But I'm just one small voice...

Good Day,
:asian:
chufeng


----------



## Shuri-te (Mar 1, 2003)

Mike

I have to apologize right up front. I started this long post to you this morning. I had two purposes. First was to give you some information regarding what I do. But also provide readers some small hint that  I am not some newbie imposter, as accused by RyuShiKan, but a long time and dedicated student of the art. So I made this long post in Word and when I went back to add it, I saw another post by you where you indicated long replies might not be welcome. So here are my apologies right up front. My reasons for not revealing my art are complex and much relates to the complexity of what we call Shuri-te, so here my goes.

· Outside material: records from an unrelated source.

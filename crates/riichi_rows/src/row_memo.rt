//! Rows that were made before, in memory that was asked for.
ghost use Rattle.std.specs.Prelude.{ℕ, ◌≡◌, ◌<◌, ◌≤◌, IfOk, slice_index};
ghost use Rattle.riichi_cuts.specs.SuitCut.{IsCut};

use crate::kept_row::{KeptRow, row_at};
use crate::kept_upper::KeptUpper;
use crate::memory::Memory;
use crate::row::SuitRow;
use crate::row_key::RowKey;
use crate::row_source::RowSource;
use riichi_cuts::{CutMemo, CutSource, SuitCut};
use riichi_split::SuitTiles;
use std::alloc::Global;
use std::marker::Model;

/// So many places for upper ranks, of 307 bytes.
const UPPERS: usize = 512;

/// So many places for cuts.
const CUTS: usize = 8_192;

/// A place for each of so many rows, and places for cuts. It is seen as the number of the rows.
#[derive(Drop)]
pub struct RowMemo {
    rows: Vec<KeptRow>,
    uppers: Vec<KeptUpper>,
    cuts: CutMemo,
}

impl Model for RowMemo {
    ghost use Rattle.std.specs.Prelude.{ℕ, ◌<◌, vec_len};

    ghost Value = { ℕ };

    ghost view = { λ memo. vec_len memo.rows };

    ghost invariant = { λ memo. (0 < vec_len memo.rows) × (0 < vec_len memo.uppers) };
}

impl RowMemo {
    /// So many places of 67 bytes, and those for upper ranks and for cuts, all of them asked for here. Of a number that is no power of
    /// two some are never used.
    pub fn new(alloc: Global, places: usize) -> Result<RowMemo, Memory>
        requires { 0 < places }
        ensures { IfOk result (λ memo. memo ≡ places) }
    {
        let mut rows = Vec::new(alloc);
        let mut uppers = Vec::new(alloc);
        let of_rows = rows.resize(places, KeptRow::of_nothing());
        let of_uppers = uppers.resize(UPPERS, KeptUpper::of_nothing());
        match (of_rows, of_uppers, CutMemo::new(alloc, CUTS)) {
            (Ok(()), Ok(()), Ok(cuts)) => Ok(RowMemo { rows, uppers, cuts }),
            _ => Err(Memory),
        }
    }
}

impl CutSource for RowMemo {
    fn cut(&mut self, tiles: &SuitTiles) -> SuitCut {
        self.cuts.cut(tiles)
    }
}

impl RowSource for RowMemo {
    fn row(&mut self, counts: &[u8; 9], caps: &[u8; 9], runs: bool) -> SuitRow {
        row_at(
            &mut self.rows,
            &mut self.uppers,
            &RowKey::new(counts, caps, runs),
        )
    }
}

> Mike Clark said you said you did it training in the bunkai from the kata Seipei.
> 
> This kata is from the Naha-te tradition is it not? And I was wondering how come you practise it if you train in Shuri-te?
> 
> ...




Glad you caught that one. I was waiting for someone to ask. My students and I are doing a demo for a visiting master. We each do bunkai from different kata. Therefore students of mine will do bunkai from the Pinans, Kusanku Dai, Bassai Dai, and Naihanchi. My shodan studied some Naha te kata earlier, so we will include Seipei. Actually, I myself am going to do some bunkai from Kururunfa, if my shoulder survives some seminars I want to attend prior. I have twenty students, myself included, that will participate. Each of us does a Han, something practiced in Iha's Shidokan, a branch of Kobayashi that I have studied. Four students surround the defender, and launch a variety of attacks. Each student does a unique combination, all including some kind of takedown. The fourth defensive combination ends with a control technique of a lock or choke. Since we are all doing unique techniques, that comes to 80 combinations, all with takedowns. 

One of my students will be doing Pinan Godan movements against a bo. Did you know there are really cool bo disarming techniques in Pinan Godan.  

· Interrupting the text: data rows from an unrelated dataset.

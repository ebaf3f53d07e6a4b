//! What a row is kept under.
ghost use Rattle.std.specs.Prelude.{ℕ, ◌≡◌, ◌<◌, ◌≤◌, ◌∷◌, IsTrue, drop, slice_index};
ghost use Rattle.std.proofs.Common.{rules};
ghost use Rattle.std.specs.Hash as fed;
ghost use Rattle.std.specs.Cmp.Rules.{hashing};

use std::hash::{Hash, Hasher};

/// The counts and caps of a suit, and whether it has runs: all that its row depends on.
#[derive(Clone, Copy, Debug, PartialEq, Eq)]
pub(crate) struct RowKey {
    pub(crate) counts: [u8; 9],
    pub(crate) caps: [u8; 9],
    pub(crate) runs: bool,
}

impl Hash for RowKey {
    ghost hash_input = { λ key. key.counts ∷ key.caps ∷ fed.bool key.runs };

    ghost respects_eq = { Prim.search (hashing, rules) };

    // Each list of nine at once: rank by rank, a hash would cost as much as a row.
    fn hash<H: Hasher>(&self, state: &mut H) {
        state.write(&self.counts);
        state.write(&self.caps);
        self.runs.hash(state);
    }
}

/// Whether nine numbers are the same: eight at once.
#[inline(always)]
fn are_same(some: &[u8; 9], others: &[u8; 9]) -> bool
    ensures { IsTrue result → some.now ≡ others.now }
{
    let [a, b, c, d, e, f, g, h, last] = *some;
    let [i, j, k, l, m, n, o, p, other_last] = *others;
    let first = u64::from_le_bytes([a, b, c, d, e, f, g, h]);
    let other_first = u64::from_le_bytes([i, j, k, l, m, n, o, p]);
    first == other_first && last == other_last
}

/// The ranks from the fifth on, and 0 for those before.
#[inline(always)]
fn from_fifth(ranks: &[u8; 9]) -> [u8; 9]
    ensures same { drop 4 result ≡ drop 4 ranks.now }
    ensures few { ((r : ℕ) → r < 9 → slice_index ranks.now r ≤ 4)
        → (r : ℕ) → r < 9 → slice_index result r ≤ 4 }
{
    let [_, _, _, _, fifth, sixth, seventh, eighth, ninth] = *ranks;
    [0, 0, 0, 0, fifth, sixth, seventh, eighth, ninth]
}

impl RowKey {
    /// The key of its upper ranks alone.
    #[inline(always)]
    pub(crate) fn upper(&self) -> RowKey
        ensures counts { drop 4 result.counts ≡ drop 4 self.now.counts }
        ensures caps { drop 4 result.caps ≡ drop 4 self.now.caps }
        ensures runs { result.runs ≡ self.now.runs }
        ensures few { ((r : ℕ) → r < 9 → slice_index self.now.caps r ≤ 4)
            → (r : ℕ) → r < 9 → slice_index result.caps r ≤ 4 }
    {
        RowKey {
            counts: from_fifth(&self.counts),
            caps: from_fifth(&self.caps),
            runs: self.runs,
        }
    }

    #[inline(always)]
    pub(crate) fn new(counts: &[u8; 9], caps: &[u8; 9], runs: bool) -> RowKey
        ensures { result ≡ record { counts = counts.now; caps = caps.now; runs = runs } }
    {
        RowKey {
            counts: *counts,
            caps: *caps,
            runs,
        }
    }

    /// Whether it is the same key.
    #[inline(always)]
    pub(crate) fn is(&self, other: &RowKey) -> bool
        ensures { IsTrue result → self.now ≡ other.now }
    {
        self.runs == other.runs
            && are_same(&self.counts, &other.counts)
            && are_same(&self.caps, &other.caps)
    }
}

Regarding my reluctance to be pinned down on a style, it would be helpful if I ramble a bit regarding the evolution of Shuri-te. I could organize this better but after typing for a bit longer than I should have in an effort to quiet down RyuShiKan, I am a bit tired. I rolled onto my shoulder at 4:30 am and have been up since. 

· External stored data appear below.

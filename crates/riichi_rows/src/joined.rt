//! Rows that are kept joined while another row changes.
ghost use Rattle.std.specs.Prelude.{ℕ, ◌≡◌, ◌≤◌};
ghost use Rattle.riichi_rows.specs.Join.{IsLeastJoin, IsLeastSum};
ghost use Rattle.riichi_rows.specs.Lanes.{lane};
ghost use Rattle.riichi_rows.specs.Row.{suit_entries, AreJoinedBeside};
ghost use Rattle.riichi_tiles.specs.Suits.{of_suit};
ghost use Rattle.riichi_tiles.specs.declared.by_suit.BySuit.{BySuit};
ghost use Rattle.riichi_tiles.specs.declared.suit.Suit.{Suit};
ghost use Rattle.riichi_rows.specs.declared.row.SuitRow.{SuitRow};

use crate::join::join_lanes;
use crate::lanes::{Lanes, add_lanes};
use crate::row::{SuitRow, entry};
use riichi_tiles::BySuit;

/// The least sums of the rows of some suits, by sets and pairs.
#[derive(Clone, Copy)]
pub struct JoinedRows {
    pub(crate) sums: Lanes,
}

/// The rows of two suits.
pub fn join_two(left: &SuitRow, right: &SuitRow) -> JoinedRows
    ensures { IsLeastSum (lane left.now.entries.lacks) (lane right.now.entries.lacks)
        (lane result.sums.lacks) }
{
    JoinedRows {
        sums: join_lanes(left.entries, right.entries),
    }
}

/// The least sum of four entries whose sets add up to the number asked, with one pair in all.
pub fn join_rows(rows: &BySuit<SuitRow>, sets: u8) -> Option<u8>
    requires { sets ≤ 4 }
    ensures { IsLeastJoin (suit_entries rows.now) sets result }
{
    let far = join_two(&rows.bamboos, &rows.honours);
    far.and(&rows.circles).with(&rows.characters, sets)
}

impl JoinedRows {
    /// These and the row of one suit more.
    pub fn and(&self, row: &SuitRow) -> JoinedRows
        ensures { IsLeastSum (lane row.now.entries.lacks) (lane self.now.sums.lacks)
            (lane result.sums.lacks) }
    {
        JoinedRows {
            sums: join_lanes(row.entries, self.sums),
        }
    }

    /// Where these are the rows beside a suit: the least sum of four entries, that suit's of `row`,
    /// whose sets add up to the number asked, with one pair in all.
    pub fn with(&self, row: &SuitRow, sets: u8) -> Option<u8>
        requires { sets ≤ 4 }
        ensures { (suit : Suit) (rows : BySuit SuitRow) → of_suit rows suit ≡ row.now
            → AreJoinedBeside suit rows self.now → IsLeastJoin (suit_entries rows) sets result }
    {
        let sums = add_lanes(row.entries.lacks, self.sums.opposite(sets).lacks);
        entry(sums.least())
    }
}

For those like you in Goju ryu, it is important to understand that when compared with those of Naha-te, these Shorin Ryu "styles" have enormous variability. A hundred years ago, there well may have been a number of masters that may have been known as Naha-te teachers. But today we think pretty much of Higaonna and Miyagi, and therefore, it was unified much more recently. Even in name it is the same. All Miyagi's students that teach his system call it Goju-ryu. But it is not the name that is important. The really significant thing is that from system to system, the kata are all so similar, at least when compared to Shuri-te. (There are of course, masters that studied with Miyagi that teach other systems, such as Mabuni and Tatsuo Shimabuku.)

This is not the case with Shuri-te. 100 years ago there were many masters whose influence pervades the art, and as such, there is great variability between the various systems. In some ways I consider myself a student of "Shorin-Ryu" systems, as I have familiarity with many of the kata of most of the more prevalent systems. The reason I don't like the term Shorin Ryu, is that it tends to exclude mainline branches in Japan. Toyama, Mabuni and Funakoshi all trained under Itosu. But the arts of these masters are considered Japanese. And both Toyama and Mabuni learned Naha-te kata from Higaonno, and this also tends to make people further exclude them when they think of "Shorin Ryu" branches. But Toyama's kata, at least as practiced in Shudokan and Koeikan, and Mabuni's kata all have great similarity to the kata practiced by Chibana's students. Only Funakoshi decided to make the stances longer in his kata. 

Typically, when we refer to Shorin Ryu, we refer to the systems that have come down from Kyan, Itosu and Hohan Soken. If we look at Itosu's major systems, we have Chibana's Kobayashi, and Nakamura's Okinawan Kempo on Okinawa, and we have systems coming from Funakoshi, Mabuni and Toyama in Japan. If you look at a total count of students, the vast number of students studying in systems that evolve from Itosu, they are in systems we call Japanese karate, not Shorin Ryu. It is my opinion that the term Shuri-te better captures the breadth of Itosu systems, including those in Japan. 

It is when we look at the kata of the systems that have evolved from Kyan, Itosu, and Soken that we really see some major differences, but we still call them all Shorin Ryu. (Of course two students of Kyan, Tatsuo Shimabuku and Joen Nakazato chose not to keep the term Shorin Ryu for their systems. But Zenryo Shimabukuro, Eizo Shimabuku and Shoshin Nagamine all kept the Shorin Ryu name, as did Chibana and Hohan Soken.)  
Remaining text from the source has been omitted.